EXTRACTED INFORMATION:
☆ ☆ ☆ ☆ ☆ ☆ ☆

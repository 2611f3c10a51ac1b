//! Declarations of a unit.

ghost use Rattle.std.specs.Prelude.{◌≡◌, ◌-◌, ◌<◌, ◌≤◌, length, Ok, OnOk};
ghost use Rattle.cmm_lexer.specs.Spellings.{keyword_number};
ghost use Rattle.cmm_grammar.specs.Taking.{is_word};
ghost use Rattle.cmm_lexer.specs.declared.keyword.Keyword.{Keyword};
ghost use Rattle.cmm_lexer.specs.declared.symbol.Symbol.{Symbol};
ghost use Rattle.cmm_grammar.specs.Reading.{next, passes};
ghost use Rattle.cmm_grammar.specs.Reading as tokens;
ghost use Rattle.cmm_grammar.specs.PartReading.{is_any_name, is_any_text};
ghost use Rattle.cmm_grammar.specs.DeclarationReading as readers;
ghost use Rattle.cmm_parser.specs.inside.Parsing.{Takes, MayTake, point_of};

use crate::fault::Stop;
use crate::list::Listed;
use crate::parser::Parser;
use crate::types::named_type;
use cmm_ast::{
    ByteOrder, Decl, DeclForm, Export, Ident, Import, Property, PropertyForm, Text, TypeName,
};
use cmm_grammar::Head;
use cmm_items::Items;
use cmm_lexer::{Keyword, Symbol};

impl Listed for Ident {
    ghost reads = { λ fuel. tokens.ident };

    ghost begins = { is_any_name };

    fn is_next(parser: &Parser<'_>) -> bool {
        parser.is_name()
    }

    fn parse(parser: &mut Parser<'_>) -> Result<Ident, Stop> {
        parser.ident()
    }
}

impl Listed for Import {
    ghost reads = { λ fuel. readers.import_name };

    ghost begins = { readers.begins_name };

    fn is_next(parser: &Parser<'_>) -> bool {
        parser.is_name() || parser.is_text()
    }

    fn parse(parser: &mut Parser<'_>) -> Result<Import, Stop> {
        let link = parser.import_link()?;
        let name = parser.ident()?;
        Ok(Import { link, name })
    }
}

impl Listed for Export {
    ghost reads = { λ fuel. readers.export_name };

    ghost begins = { is_any_name };

    fn is_next(parser: &Parser<'_>) -> bool {
        parser.is_name()
    }

    fn parse(parser: &mut Parser<'_>) -> Result<Export, Stop> {
        let name = parser.ident()?;
        parser.export_of(name)
    }
}

impl Listed for Property {
    ghost reads = { λ fuel. readers.property };

    ghost begins = { readers.is_other Symbol.Semicolon };

    fn is_next(parser: &Parser<'_>) -> bool {
        parser.is_within(Symbol::Semicolon)
    }

    fn parse(parser: &mut Parser<'_>) -> Result<Property, Stop> {
        let token = parser.here();
        let form = parser.property_form()?;
        Ok(Property { token, form })
    }
}

impl Parser<'_> {
    /// A type, or else the first name where there is none: a name is a type where a name or a text follows.
    fn head(&mut self) -> Result<Head, Stop>
        ensures { MayTake (λ fuel. readers.head) (point_of self.old) result (point_of self.new) }
    {
        match self.bits() {
            Some(width) => Ok(Head::TypeFirst(width)),
            None => self.untyped_head(),
        }
    }

    /// The same where the type is no word for bits.
    fn untyped_head(&mut self) -> Result<Head, Stop>
        ensures { MayTake (λ fuel. readers.head_by None) (point_of self.old) result (point_of self.new) }
    {
        if self.is_name() {
            self.name_head()
        } else {
            Ok(Head::Neither)
        }
    }

    fn name_head(&mut self) -> Result<Head, Stop>
        ensures { Takes (λ fuel. readers.name_head) (point_of self.old) result (point_of self.new) }
    {
        let name = self.ident()?;
        if self.is_name() || self.is_text() {
            Ok(Head::TypeFirst(named_type(name)))
        } else {
            Ok(Head::NameFirst(name))
        }
    }

    /// The name under which another unit exports it, and `as`.
    fn text_as(&mut self) -> Result<Text, Stop>
        ensures { Takes (λ fuel. readers.text_as) (point_of self.old) result (point_of self.new) }
    {
        let name = self.text()?;
        self.expect_word(Keyword::As)?;
        Ok(name)
    }

    fn import_link(&mut self) -> Result<Option<Text>, Stop>
        ensures { MayTake (λ fuel. tokens.optional is_any_text readers.text_as) (point_of self.old) result (point_of self.new) }
    {
        if self.is_text() {
            Ok(Some(self.text_as()?))
        } else {
            Ok(None)
        }
    }

    /// `as`, and the name under which it is published.
    fn as_text(&mut self) -> Result<Text, Stop>
        ensures { Takes (λ fuel. readers.as_text) (point_of self.old) result (point_of self.new) }
    {
        self.expect_word(Keyword::As)?;
        self.text()
    }

    fn export_link(&mut self) -> Result<Option<Text>, Stop>
        ensures { MayTake (λ fuel. tokens.optional (is_word Keyword.As) readers.as_text) (point_of self.old) result (point_of self.new) }
    {
        if self.is_word(Keyword::As) {
            Ok(Some(self.as_text()?))
        } else {
            Ok(None)
        }
    }

    /// An export after its name.
    fn export_of(&mut self, name: Ident) -> Result<Export, Stop>
        ensures { MayTake (λ fuel. readers.export_of name) (point_of self.old) result (point_of self.new) }
    {
        let link = self.export_link()?;
        Ok(Export { name, link })
    }

    /// What is imported, after the head.
    fn imports_by(&mut self, head: Head) -> Result<(Option<TypeName>, Items<Import>), Stop>
        ensures { MayTake (λ fuel. readers.imports_by fuel head) (point_of self.old) result (point_of self.new) }
    {
        match head {
            Head::TypeFirst(width) => {
                let imports = self.listed()?;
                Ok((Some(width), imports))
            }
            Head::NameFirst(name) => {
                let imports = self.listed_from(Import { link: None, name })?;
                Ok((None, imports))
            }
            Head::Neither => {
                let imports = self.listed()?;
                Ok((None, imports))
            }
        }
    }

    /// What is exported, after the head.
    fn exports_by(&mut self, head: Head) -> Result<(Option<TypeName>, Items<Export>), Stop>
        ensures { MayTake (λ fuel. readers.exports_by fuel head) (point_of self.old) result (point_of self.new) }
    {
        match head {
            Head::TypeFirst(width) => {
                let exports = self.listed()?;
                Ok((Some(width), exports))
            }
            Head::NameFirst(name) => {
                let first = self.export_of(name)?;
                let exports = self.listed_from(first)?;
                Ok((None, exports))
            }
            Head::Neither => {
                let exports = self.listed()?;
                Ok((None, exports))
            }
        }
    }

    /// The name of a constant, after the head.
    fn typed_name_by(&mut self, head: Head) -> Result<(Option<TypeName>, Ident), Stop>
        ensures { MayTake (λ fuel. readers.typed_name_by head) (point_of self.old) result (point_of self.new) }
    {
        match head {
            Head::TypeFirst(width) => {
                let name = self.ident()?;
                Ok((Some(width), name))
            }
            Head::NameFirst(name) => Ok((None, name)),
            Head::Neither => {
                let name = self.ident()?;
                Ok((None, name))
            }
        }
    }

    fn byte_order(&mut self) -> Result<ByteOrder, Stop>
        ensures { Takes (λ fuel. readers.byte_order) (point_of self.old) result (point_of self.new) }
    {
        if self.accept_word(Keyword::Little) {
            return Ok(ByteOrder::Little);
        }
        self.expect_word(Keyword::Big)?;
        Ok(ByteOrder::Big)
    }

    /// What a property says.
    fn property_form(&mut self) -> Result<PropertyForm, Stop>
        ensures { Takes (λ fuel. readers.property_form) (point_of self.old) result (point_of self.new) }
    {
        if self.accept_word(Keyword::Memsize) {
            return Ok(PropertyForm::Memsize(self.int()?));
        }
        if self.accept_word(Keyword::Byteorder) {
            return Ok(PropertyForm::Byteorder(self.byte_order()?));
        }
        if self.accept_word(Keyword::Pointersize) {
            return Ok(PropertyForm::Pointersize(self.int()?));
        }
        self.expect_word(Keyword::Wordsize)?;
        Ok(PropertyForm::Wordsize(self.int()?))
    }

    /// What follows an `import`.
    fn imports(&mut self) -> Result<DeclForm, Stop>
        ensures { Takes (λ fuel. readers.imports fuel) (point_of self.old) result (point_of self.new) }
    {
        let head = self.head()?;
        let (width, imports) = self.imports_by(head)?;
        self.expect(Symbol::Semicolon)?;
        Ok(DeclForm::Import { width, imports })
    }

    /// What follows an `export`.
    fn exports(&mut self) -> Result<DeclForm, Stop>
        ensures { Takes (λ fuel. readers.exports fuel) (point_of self.old) result (point_of self.new) }
    {
        let head = self.head()?;
        let (width, exports) = self.exports_by(head)?;
        self.expect(Symbol::Semicolon)?;
        Ok(DeclForm::Export { width, exports })
    }

    /// What follows a `const`.
    fn constant(&mut self) -> Result<DeclForm, Stop>
        ensures { Takes (λ fuel. readers.constant fuel) (point_of self.old) result (point_of self.new) }
    {
        let head = self.head()?;
        let (width, name) = self.typed_name_by(head)?;
        self.expect(Symbol::Assign)?;
        let value = self.whole()?;
        self.expect(Symbol::Semicolon)?;
        Ok(DeclForm::Const { width, name, value })
    }

    /// What follows a `typedef`.
    fn typedef(&mut self) -> Result<DeclForm, Stop>
        ensures { Takes (λ fuel. readers.typedef fuel) (point_of self.old) result (point_of self.new) }
    {
        let width = self.type_name()?;
        let names = self.listed()?;
        self.expect(Symbol::Semicolon)?;
        Ok(DeclForm::Typedef { width, names })
    }

    /// What follows a `target`.
    fn target(&mut self) -> Result<DeclForm, Stop>
        ensures { Takes (λ fuel. readers.target fuel) (point_of self.old) result (point_of self.new) }
    {
        let properties = self.many()?;
        self.expect(Symbol::Semicolon)?;
        Ok(DeclForm::Target(properties))
    }

    /// A declaration of registers, whole.
    fn register(&mut self) -> Result<DeclForm, Stop>
        ensures { Takes (λ fuel. readers.register fuel) (point_of self.old) result (point_of self.new) }
    {
        let invariant = self.accept_word(Keyword::Invariant);
        self.expect_word(Keyword::Register)?;
        let kind = self.optional_text()?;
        let width = self.type_name()?;
        let names = self.listed()?;
        self.expect(Symbol::Semicolon)?;
        Ok(DeclForm::Register {
            invariant,
            kind,
            width,
            names,
        })
    }

    /// What a declaration is, by its first word.
    fn decl_form(&mut self) -> Result<DeclForm, Stop>
        ensures { Takes (λ fuel. readers.decl_form fuel) (point_of self.old) result (point_of self.new) }
    {
        if self.accept_word(Keyword::Import) {
            return self.imports();
        }
        if self.accept_word(Keyword::Export) {
            return self.exports();
        }
        if self.accept_word(Keyword::Const) {
            return self.constant();
        }
        if self.accept_word(Keyword::Typedef) {
            return self.typedef();
        }
        if self.accept_word(Keyword::Target) {
            return self.target();
        }
        self.register()
    }

    pub(crate) fn decl(&mut self) -> Result<Decl, Stop>
        ensures { Takes (λ fuel. readers.decl fuel) (point_of self.old) result (point_of self.new) }
    {
        let token = self.here();
        let form = self.decl_form()?;
        Ok(Decl { token, form })
    }
}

☆ ☆ ☆ ☆ ☆ ☆ ☆

WORK TASK:
Give an exact copy of the lines above from the line with "(λ fuel. readers.byte_order)" up to and including the line with "fn property_form(&mut self)", and leave everything else out.

RESPONSE TO THIS EXERCISE:
        ensures { Takes (λ fuel. readers.byte_order) (point_of self.old) result (point_of self.new) }
    {
        if self.accept_word(Keyword::Little) {
            return Ok(ByteOrder::Little);
        }
        self.expect_word(Keyword::Big)?;
        Ok(ByteOrder::Big)
    }

    /// What a property says.
    fn property_form(&mut self) -> Result<PropertyForm, Stop>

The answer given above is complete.